Acılar, koşullarla savaşım, çözümleme arzusu, gündeliği şiirselleştirme sevdası, ayrıksılık, terk edilmişlik ama en çok da sanatlı mevcûdiyet emsallarinden günümüzün sıradanlığına akan can suyu bulacaksınız bu sayfalarda. Tabiatın sağaltıcı hâlesinden feyz devşiren entelektüeller aklınıza düşecek bir sonraki park yürüyüşünüzde. Varoluşa değğin kozmolojik çıkarımları duygusal meddücezir kayıtlarıyla fragman dedikleri minik parçalarda hemhâl etmeleri yeniden günlük tutmanıza sebep olacak belki. Romantiklere yaklaştıkça sınırlamalarınızı sıyırıp atmak kaçınılmazlaşacak, daha fazlasını arayanların taşkın taarruzuna şâhit kılındığınızda cüret edeceksiniz, “Hölderlin’in de dediği gibi, insanın olduğu yerden öteye geçebilmesi ancak düşleyebilme becerisiyle mümkündür.

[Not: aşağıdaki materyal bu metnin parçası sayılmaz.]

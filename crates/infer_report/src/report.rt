//! The report on a table.
ghost use Rattle.std.specs.Prelude.{◌≡◌, ◌≤◌, ◌+◌, ◌^◌, ◌++◌, OnOk, IfOk, List, length, string_bytes, count_by, sum_by, is_some};
ghost use Rattle.std.specs.Option.{option_copied};
ghost use Rattle.infer_report.specs.Words.{recorded, gaps_at, line, def_line, variant_text, expr_line, mode_text, pat_line, binding_line, mismatch_head, type_field, mismatch_line, node_text, counts_text, diagnostic_text, diagnostic_line, gap_text, gap_line, complaints, lines_from, complaint_count, report};

use super::goals::push_goal;
use super::types::{push_ty, push_type};
use hir_facts::{DefWithBodyId, ExprOrPatId, Facts, List, RawFacts, Ty, VariantId};
use infer_result::{
    BindingMode, Gap, InferenceDiagnostic, InferenceResult, Mutability, TypeMismatch,
};
use std::alloc::{AllocError, Global};

fn push_def(out: &mut String, def: DefWithBodyId) -> Result<(), AllocError>
    ensures { OnOk result (string_bytes out.new ≡ string_bytes out.old ++ def_line def) }
{
    match def {
        DefWithBodyId::FunctionId(function) => {
            let number = function.0;
            writeln!(out, "fn {number}")
        }
        DefWithBodyId::ConstId(konst) => {
            let number = konst.0;
            writeln!(out, "const {number}")
        }
        DefWithBodyId::StaticId(item) => {
            let number = item.0;
            writeln!(out, "static {number}")
        }
        DefWithBodyId::VariantId(variant) => {
            let number = variant.0;
            writeln!(out, "variant {number}")
        }
    }
}

fn variant_at(variants: &[Option<VariantId>], at: usize) -> Option<VariantId>
    ensures { result ≡ recorded variants.now at }
{
    *variants.get(at)?
}

fn push_variant(out: &mut String, variant: Option<VariantId>) -> Result<(), AllocError>
    ensures { OnOk result (string_bytes out.new ≡ string_bytes out.old ++ variant_text variant) }
{
    match variant {
        None => Ok(()),
        Some(variant) => {
            let number = variant.0;
            write!(out, " = variant{number}")
        }
    }
}

fn push_expr(
    out: &mut String,
    facts: &RawFacts,
    variants: &[Option<VariantId>],
    at: usize,
    ty: &Option<Ty>,
) -> Result<(), AllocError>
    ensures { OnOk result (string_bytes out.new ≡ string_bytes out.old ++ expr_line facts.now variants.now at ty.now) }
{
    write!(out, "e{at} ")?;
    push_type(out, facts, ty)?;
    push_variant(out, variant_at(variants, at))?;
    out.push_str("\n")
}

fn push_exprs(
    out: &mut String,
    facts: &RawFacts,
    variants: &[Option<VariantId>],
    types: &[Option<Ty>],
) -> Result<(), AllocError>
    ensures { OnOk result (string_bytes out.new ≡ string_bytes out.old ++ lines_from (expr_line facts.now variants.now) 0 types.now) }
{
    for (at, ty) in types.iter().enumerate() {
        push_expr(out, facts, variants, at, ty)?;
    }
    Ok(())
}

fn mode_name(mode: Option<BindingMode>) -> &'static str
    ensures { result.now ≡ mode_text mode }
{
    match mode {
        None => "",
        Some(BindingMode::Move) => " move",
        Some(BindingMode::Ref(Mutability::Not)) => " ref",
        Some(BindingMode::Ref(Mutability::Mut)) => " refmut",
    }
}

fn mode_at(modes: &[Option<BindingMode>], at: usize) -> Option<BindingMode>
    ensures { result ≡ recorded modes.now at }
{
    *modes.get(at)?
}

fn push_pat(
    out: &mut String,
    facts: &RawFacts,
    modes: &[Option<BindingMode>],
    variants: &[Option<VariantId>],
    at: usize,
    ty: &Option<Ty>,
) -> Result<(), AllocError>
    ensures { OnOk result (string_bytes out.new ≡ string_bytes out.old ++ pat_line facts.now modes.now variants.now at ty.now) }
{
    write!(out, "p{at} ")?;
    push_type(out, facts, ty)?;
    out.push_str(mode_name(mode_at(modes, at)))?;
    push_variant(out, variant_at(variants, at))?;
    out.push_str("\n")
}

fn push_pats(
    out: &mut String,
    facts: &RawFacts,
    modes: &[Option<BindingMode>],
    variants: &[Option<VariantId>],
    types: &[Option<Ty>],
) -> Result<(), AllocError>
    ensures { OnOk result (string_bytes out.new ≡ string_bytes out.old ++ lines_from (pat_line facts.now modes.now variants.now) 0 types.now) }
{
    for (at, ty) in types.iter().enumerate() {
        push_pat(out, facts, modes, variants, at, ty)?;
    }
    Ok(())
}

fn push_binding(
    out: &mut String,
    facts: &RawFacts,
    at: usize,
    ty: &Option<Ty>,
) -> Result<(), AllocError>
    ensures { OnOk result (string_bytes out.new ≡ string_bytes out.old ++ binding_line facts.now at ty.now) }
{
    write!(out, "b{at} ")?;
    push_type(out, facts, ty)?;
    out.push_str("\n")
}

fn push_bindings(out: &mut String, facts: &RawFacts, types: &[Option<Ty>]) -> Result<(), AllocError>
    ensures { OnOk result (string_bytes out.new ≡ string_bytes out.old ++ lines_from (binding_line facts.now) 0 types.now) }
{
    for (at, ty) in types.iter().enumerate() {
        push_binding(out, facts, at, ty)?;
    }
    Ok(())
}

#[tactic(auto, unfolding(crate::specs::Words::mismatch_head))]
fn push_head(out: &mut String, letter: &str, at: usize) -> Result<(), AllocError>
    ensures { OnOk result (string_bytes out.new ≡ string_bytes out.old ++ mismatch_head letter.now at) }
{
    write!(out, "TypeMismatch {letter}{at}")
}

#[tactic(auto, unfolding(crate::specs::Words::type_field))]
fn push_field(out: &mut String, facts: &RawFacts, name: &str, ty: &Ty) -> Result<(), AllocError>
    ensures { OnOk result (string_bytes out.new ≡ string_bytes out.old ++ type_field facts.now name.now ty.now) }
{
    out.push_str(name)?;
    push_ty(out, facts, ty)
}

fn push_mismatch(
    out: &mut String,
    facts: &RawFacts,
    letter: &str,
    at: usize,
    mismatch: &Option<TypeMismatch>,
) -> Result<(), AllocError>
    ensures { OnOk result (string_bytes out.new ≡ string_bytes out.old ++ mismatch_line facts.now letter.now at mismatch.now) }
{
    match mismatch {
        None => Ok(()),
        Some(mismatch) => {
            push_head(out, letter, at)?;
            push_field(out, facts, " expected=", &mismatch.expected)?;
            push_field(out, facts, " actual=", &mismatch.actual)?;
            out.push_str("\n")
        }
    }
}

#[tactic(auto, unfolding(crate::specs::Words::node_text))]
fn push_node(out: &mut String, node: ExprOrPatId) -> Result<(), AllocError>
    ensures { OnOk result (string_bytes out.new ≡ string_bytes out.old ++ node_text node) }
{
    match node {
        ExprOrPatId::ExprId(expr) => {
            let number = expr.0;
            write!(out, "e{number}")
        }
        ExprOrPatId::PatId(pat) => {
            let number = pat.0;
            write!(out, "p{number}")
        }
    }
}

#[tactic(auto, unfolding(crate::specs::Words::counts_text))]
fn push_counts(out: &mut String, expected: usize, found: usize) -> Result<(), AllocError>
    ensures { OnOk result (string_bytes out.new ≡ string_bytes out.old ++ counts_text expected found) }
{
    write!(out, " expected={expected} found={found}")
}

#[tactic(auto, unfolding(crate::specs::Words::diagnostic_text))]
fn push_diagnostic_text(
    out: &mut String,
    facts: &RawFacts,
    diagnostic: &InferenceDiagnostic,
) -> Result<(), AllocError>
    ensures { OnOk result (string_bytes out.new ≡ string_bytes out.old ++ diagnostic_text facts.now diagnostic.now) }
{
    match diagnostic {
        InferenceDiagnostic::MismatchedArgCount {
            call_expr,
            expected,
            found,
        } => {
            let call = call_expr.0;
            write!(out, "MismatchedArgCount e{call}")?;
            push_counts(out, *expected, *found)
        }
        InferenceDiagnostic::MismatchedTupleStructPatArgCount {
            pat,
            expected,
            found,
        } => {
            out.push_str("MismatchedTupleStructPatArgCount ")?;
            push_node(out, *pat)?;
            push_counts(out, *expected, *found)
        }
        InferenceDiagnostic::ExpectedFunction { call_expr, found } => {
            let call = call_expr.0;
            write!(out, "ExpectedFunction e{call}")?;
            push_field(out, facts, " found=", found)
        }
    }
}

fn push_diagnostic(
    out: &mut String,
    facts: &RawFacts,
    diagnostic: Option<&InferenceDiagnostic>,
) -> Result<(), AllocError>
    ensures { OnOk result (string_bytes out.new ≡ string_bytes out.old ++ diagnostic_line facts.now (option_copied diagnostic.entry)) }
{
    match diagnostic {
        None => Ok(()),
        Some(diagnostic) => {
            push_diagnostic_text(out, facts, diagnostic)?;
            out.push_str("\n")
        }
    }
}

fn diagnostic_at(
    diagnostics: &[Option<InferenceDiagnostic>],
    at: usize,
) -> Option<&InferenceDiagnostic>
    ensures { option_copied result ≡ recorded diagnostics.now at }
{
    diagnostics.get(at)?.as_ref()
}

#[tactic(auto, unfolding(crate::specs::Words::gap_text))]
fn push_gap_text(out: &mut String, facts: &RawFacts, gap: &Gap) -> Result<(), AllocError>
    ensures { OnOk result (string_bytes out.new ≡ string_bytes out.old ++ gap_text facts.now gap.now) }
{
    match gap {
        Gap::Unproved { node, goal } => {
            out.push_str("Unproved ")?;
            push_node(out, *node)?;
            out.push_str(" goal=")?;
            push_goal(out, facts, goal)
        }
        Gap::Clash {
            node,
            alias,
            first,
            second,
        } => {
            out.push_str("Clash ")?;
            push_node(out, *node)?;
            push_field(out, facts, " alias=", alias)?;
            push_field(out, facts, " first=", first)?;
            push_field(out, facts, " second=", second)
        }
    }
}

fn push_gap(out: &mut String, facts: &RawFacts, gap: &Gap) -> Result<(), AllocError>
    ensures { OnOk result (string_bytes out.new ≡ string_bytes out.old ++ line (gap_text facts.now gap.now)) }
{
    push_gap_text(out, facts, gap)?;
    out.push_str("\n")
}

fn push_gaps(out: &mut String, facts: &RawFacts, gaps: &[Gap]) -> Result<(), AllocError>
    ensures { OnOk result (string_bytes out.new ≡ string_bytes out.old ++ lines_from (gap_line facts.now) 0 gaps.now) }
{
    for gap in gaps {
        push_gap(out, facts, gap)?;
    }
    Ok(())
}

fn gaps_of(gaps: &[List<Gap>], at: usize) -> &[Gap]
    ensures { result.now ≡ gaps_at gaps.now at }
{
    match gaps.get(at) {
        Some(gaps) => gaps.as_slice(),
        None => &[],
    }
}

fn push_complaints_at(
    out: &mut String,
    facts: &RawFacts,
    letter: &str,
    diagnostics: &[Option<InferenceDiagnostic>],
    gaps: &[List<Gap>],
    at: usize,
    mismatch: &Option<TypeMismatch>,
) -> Result<(), AllocError>
    ensures { OnOk result (string_bytes out.new ≡ string_bytes out.old ++ complaints facts.now letter.now diagnostics.now gaps.now at mismatch.now) }
{
    push_mismatch(out, facts, letter, at, mismatch)?;
    push_diagnostic(out, facts, diagnostic_at(diagnostics, at))?;
    push_gaps(out, facts, gaps_of(gaps, at))
}

/// The complaints at all expressions, or at all patterns, whose letter this is.
fn push_complaints(
    out: &mut String,
    facts: &RawFacts,
    letter: &str,
    diagnostics: &[Option<InferenceDiagnostic>],
    gaps: &[List<Gap>],
    mismatches: &[Option<TypeMismatch>],
) -> Result<(), AllocError>
    ensures { OnOk result (string_bytes out.new ≡ string_bytes out.old ++ lines_from (complaints facts.now letter.now diagnostics.now gaps.now) 0 mismatches.now) }
{
    for (at, mismatch) in mismatches.iter().enumerate() {
        push_complaints_at(out, facts, letter, diagnostics, gaps, at, mismatch)?;
    }
    Ok(())
}

fn count_some<T>(entries: &[Option<T>]) -> usize
    ensures { result ≡ count_by is_some entries.now }
{
    entries.iter().filter(|entry| entry.is_some()).count()
}

fn count_gaps(lists: &[List<Gap>]) -> u128
    ensures value { result ≡ sum_by length lists.now }
    ensures room { result + 2 ^ 64 ≤ 2 ^ 127 }
{
    let mut count = 0;
    for gaps in lists {
        count += gaps.len() as u128;
    }
    count
}

/// How many complaints a table has. There is a list of gaps for each expression and for each pattern, so that
/// `usize` would not do.
pub fn count_complaints(table: &InferenceResult) -> u128
    ensures { result ≡ complaint_count table.now }
{
    let others = count_some(table.expr_mismatches.as_slice())
        + count_some(table.expr_diagnostics.as_slice())
        + count_some(table.pat_mismatches.as_slice())
        + count_some(table.pat_diagnostics.as_slice());
    others as u128 + count_gaps(table.expr_gaps.as_slice()) + count_gaps(table.pat_gaps.as_slice())
}

/// The report on the table of a definition's body: docs/FORMAT.md. Its one error is want of memory.
pub fn write_report(
    alloc: Global,
    def: DefWithBodyId,
    facts: &Facts,
    table: &InferenceResult,
) -> Result<String, AllocError>
    ensures { IfOk result (λ text. string_bytes text ≡ report def facts.now table.now) }
{
    let mut out = String::new(alloc);
    let raw = facts.raw();
    push_def(&mut out, def)?;
    push_exprs(
        &mut out,
        raw,
        table.expr_variants.as_slice(),
        table.type_of_expr.as_slice(),
    )?;
    push_pats(
        &mut out,
        raw,
        table.binding_modes.as_slice(),
        table.pat_variants.as_slice(),
        table.type_of_pat.as_slice(),
    )?;
    push_bindings(&mut out, raw, table.type_of_binding.as_slice())?;
    push_complaints(
        &mut out,
        raw,
        "e",
        table.expr_diagnostics.as_slice(),
        table.expr_gaps.as_slice(),
        table.expr_mismatches.as_slice(),
    )?;
    push_complaints(
        &mut out,
        raw,
        "p",
        table.pat_diagnostics.as_slice(),
        table.pat_gaps.as_slice(),
        table.pat_mismatches.as_slice(),
    )?;
    let count = count_complaints(table);
    writeln!(&mut out, "complaints {count}")?;
    Ok(out)
}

Unutmayın, romantizm hem duyulara dokunur hem düşünceye; ayırmaz bedenle duyuşu, hepsini ister. Felsefesini ateşe attığı arzularından damıtır. Paragraf paragraf kaleme döker yaşanmışlık tortusunu ama bir paragraf diğerini takip etmez, fragman fragmandan ayrışır, bir anda olan diğer anda düşünülene hem yakındır hem mesafeli, “Fragman, Alman İdealizminin halis temsilcileri kabul edilen filozofların yaptığı gibi kategorik düşünmek ve kavramsal analiz yapmak ya da felsefi bir sistem inşa etmek yerine şair/filozofa ya da şair-filozofa, sonsuzluk içinde dilediğince salınma özgürlüğünü vermiştir.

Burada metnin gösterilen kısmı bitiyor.